Suddenly the workmen brought to light a large oval-topped black stone whose top was covered with carvings in relief and its sides with inscriptions; it was a boundary-stone recording the position and the outlines of a landed property, with a statement as to how it came legally into the owner’s hands and a terrific curse on whosoever should remove his neighbor’s landmark or deface or destroy the record.
Now, this stone belonged to the Kassite period of about 1400 BC Almost touching it was a fragment of a statue, a bit of the arm of a human figure on which was an inscription, and the fragment had been carefully trimmed so as to make it look neat and to preserve the writing; and the name on the statue was that of Dungi, who was king of Ur in 2058 BC. Then came a clay foundation cone of a Larsa king of about 1700 BC, then a few clay tablets of about the same date, and a large votive stone mace-head which was uninscribed but may well have been more ancient by five hundred years.
What were we to think? Here were half a dozen diverse objects found lying on an unbroken brick pavement of the sixth century BC, yet the newest of them was seven hundred years older than the pavement and the earliest perhaps sixteen hundred.
In this single room, Woolley had discovered at least 1,500 years of history all jumbled together, a bit like if you randomly found a Roman statue and a piece of medieval masonry while cleaning out your closet. Left to their own devices, these objects would never be found together like this. Somebody had messed around with these artifacts – they just couldn’t have guessed how long ago and to what purpose that tampering took place.
It always seems that any superficial examination of archaeology has to have some reference to a pyramid to two… In this case, I found some information about using robot vehicles (i.e. tiny vehicles with cameras and video…) to explore some 20 cm. shafts from the interior of the great pyramid to…? The main result is the photo below…some red hieroglyphs…

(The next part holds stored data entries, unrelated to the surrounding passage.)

ghost use Rattle.std.specs.Prelude.{◌≡◌, true, length, IfOk};
ghost use Rattle.dali_problem.specs.Kept.{IsOf};
ghost use Rattle.dali_tree.specs.Fits.{lam_fits};
ghost use Rattle.dali_search.specs.Lead.{IsLead};

use crate::bound::is_at_most;
use dali_base::OutOfMemory;
use dali_guess::aim;
use dali_lagrange::{Point, settle};
use dali_problem::{Partial, Problem};
use dali_tree::Lam;
use std::alloc::Global;

/// How many places a guess looks at.
const LOOKS: u32 = 32;

/// The multipliers by which a branch goes: guessed ones, settled, where their Sum isn't smaller than that of those given, and
/// else those given.
pub(crate) fn lead(
    alloc: Global,
    problem: &Problem,
    partial: &Partial,
    lam: &Lam,
    value: u64,
    point: &mut Point,
) -> Result<Lam, OutOfMemory>
    requires partial { IsOf problem.now partial.now }
    requires lam { lam_fits (length problem.now.lines) lam.now ≡ true }
    requires point { length point.old ≡ length problem.now.lines }
    ensures point { length point.new ≡ length point.old }
    ensures lead { IfOk result (IsLead problem.now partial.now.marks lam.now) }
{
    let guess = aim(alloc, problem, partial, lam, LOOKS, value)?;
    let aimed = settle(alloc, problem, partial, &guess)?;
    if is_at_most(problem, partial, lam, &aimed, point) {
        return Ok(aimed);
    }
    let same = lam.copy(alloc)?;
    Ok(same)
}
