ghost use Rattle.std.specs.Prelude.{◌≡◌};
ghost use Rattle.dali_base.specs.Readers.{same_bytes};
ghost use Rattle.dali_account.specs.Book.{cash};

use dali_base::{Name, read_name};

/// The asset of cash.
const CASH: &[u8] = b"MXN";

/// The asset of cash.
pub fn cash_name() -> Name
    ensures { result ≡ cash }
{
    read_name(CASH).unwrap()
}

/// Whether the asset is cash.
pub fn is_cash(asset: Name) -> bool
    ensures { result ≡ same_bytes asset cash }
{
    asset.bytes() == CASH
}
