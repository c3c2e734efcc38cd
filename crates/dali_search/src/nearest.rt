ghost use Rattle.std.specs.Prelude.{◌≡◌, ℕ, ◌+◌, ◌<◌, true, length, slice_index};
ghost use Rattle.std.specs.Int.RustNames.{unsigned_abs};
ghost use Rattle.dali_problem.specs.Clearing.{Clearing};
ghost use Rattle.dali_problem.specs.Kept.{IsOf};
ghost use Rattle.dali_problem.specs.Partial.{mark};
ghost use Rattle.dali_problem.specs.declared.mark.Mark.TheVariants.{Undecided};
ghost use Rattle.dali_lagrange.specs.Bound.{reduced};
ghost use Rattle.dali_lagrange.specs.KeptSum.{IsSumOf};
ghost use Rattle.dali_lagrange.specs.Multipliers.{AreMultipliers, multiplier};
ghost use Rattle.dali_check.specs.Lean.{is_open, is_nearest};
ghost use Rattle.dali_search.specs.Nearest.{nearer_of, FoundBelow};

use dali_lagrange::Kept;
use dali_problem::{Partial, Problem};
use dali_tree::Lam;

/// An undecided place with the size of its reduced value.
#[derive(Clone, Copy)]
struct Near {
    place: u32,
    size: u128,
}

/// The first of the undecided places whose reduced value at these multipliers is least in size.
pub(crate) fn nearest(problem: &Problem, partial: &Partial, lam: &Lam, kept: &mut Kept) -> u32
    requires of { IsOf problem.now partial.now }
    requires kept { IsSumOf problem.now kept.old }
    requires lam { AreMultipliers (length problem.now.lines) lam.now }
    requires some { is_open problem.now partial.now.marks ≡ true }
    ensures kept { IsSumOf problem.now kept.new }
    ensures nearest { is_nearest problem.now lam.now partial.now.marks result ≡ true }
    ensures undecided { mark partial.now.marks result ≡ Undecided }
{
    kept.load(problem, lam);
    let mut found = None;
    for place in 0..problem.items() {
        found = consider(problem, partial, lam, kept, place, found);
    }
    match found {
        Some(near) => near.place,
        None => unreachable!(),
    }
}

/// What is nearest up to a place, where it is known before it.
fn consider(
    problem: &Problem,
    partial: &Partial,
    lam: &Lam,
    kept: &Kept,
    place: u32,
    found: Option<Near>,
) -> Option<Near>
    requires of { IsOf problem.now partial.now }
    requires kept { IsSumOf problem.now kept.now }
    requires loaded { (l : ℕ) → l < length problem.now.lines → slice_index kept.now.multipliers l ≡ multiplier lam.now l }
    requires place { place < length problem.now.items }
    requires found { FoundBelow problem.now lam.now partial.now.marks place found }
    ensures { FoundBelow problem.now lam.now partial.now.marks (place + 1) result }
{
    let _items = problem.items();
    if !partial.mark(place).is_undecided() {
        return found;
    }
    nearer(found, place, size(kept, place))
}

/// The nearer one of a place and those before it.
fn nearer(found: Option<Near>, place: u32, size: u128) -> Option<Near>
    ensures { result ≡ nearer_of found place size }
{
    match found {
        Some(near) if near.size <= size => found,
        _ => Some(Near { place, size }),
    }
}

/// The size of a place's reduced value.
fn size(kept: &Kept, place: u32) -> u128
    requires { place < length kept.now.reduced }
    ensures { (p : Clearing) → IsSumOf p kept.now → result ≡ unsigned_abs (reduced p (slice_index kept.now.multipliers) place) }
{
    kept.reduced(place).unsigned_abs()
}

Image of the Day: Robot Snaps Pics of Symbols in Secret Chamber of the Great Pyramid
http://www.dailygalaxy.com/my_weblog/2011/05/image-of-the-day-robot-reveals-ancient-symbols-in-secret-chamber-of-great-pyramid.html?%2BBeyond%29=
Archaeologists are not sure if they are ancient graffiti tags left by a worker or symbols of religious significance. A robot has sent back the first images of markings on the wall of a tiny chamber in the Great Pyramid of Giza in Egypt that have not been seen for 4500 years.
The pyramid is thought to have been built as a tomb for the pharaoh Khufu — the last of the seven wonders of the ancient world still standing — contains three main chambers: the Queen’s Chamber, the Grand Gallery and the King’s Chamber, which has two air shafts connecting it with the outside world.
There are also two tunnels, about 20 centimetres by 20 centimetres, that extend from the north and south walls of the Queen’s Chamber and stop at stone doors before they reach the outside of the pyramid.
The function of these tunnels and doors is unknown, but some believe that one or both could lead to a secret chamber. Zahi Hawass, Egypt’s Minister of State for Antiquities Affairs describes the doors as the last great mystery of the pyramid.
This year, a robot designed by engineer Rob Richardson from the University of Leeds and colleagues, and named Djedi after the magician that Khufu consulted when he planned his tomb, has crawled up the tunnel carrying a bendy "micro snake" camera that can see around corners.
Images sent back by the camera have revealed hieroglyphs written in red paint and lines in the stone that could be marks left by stone masons when the chamber was being carved.
"If these hieroglyphs could be deciphered they could help Egyptologists work out why these mysterious shafts were built," says Richardson.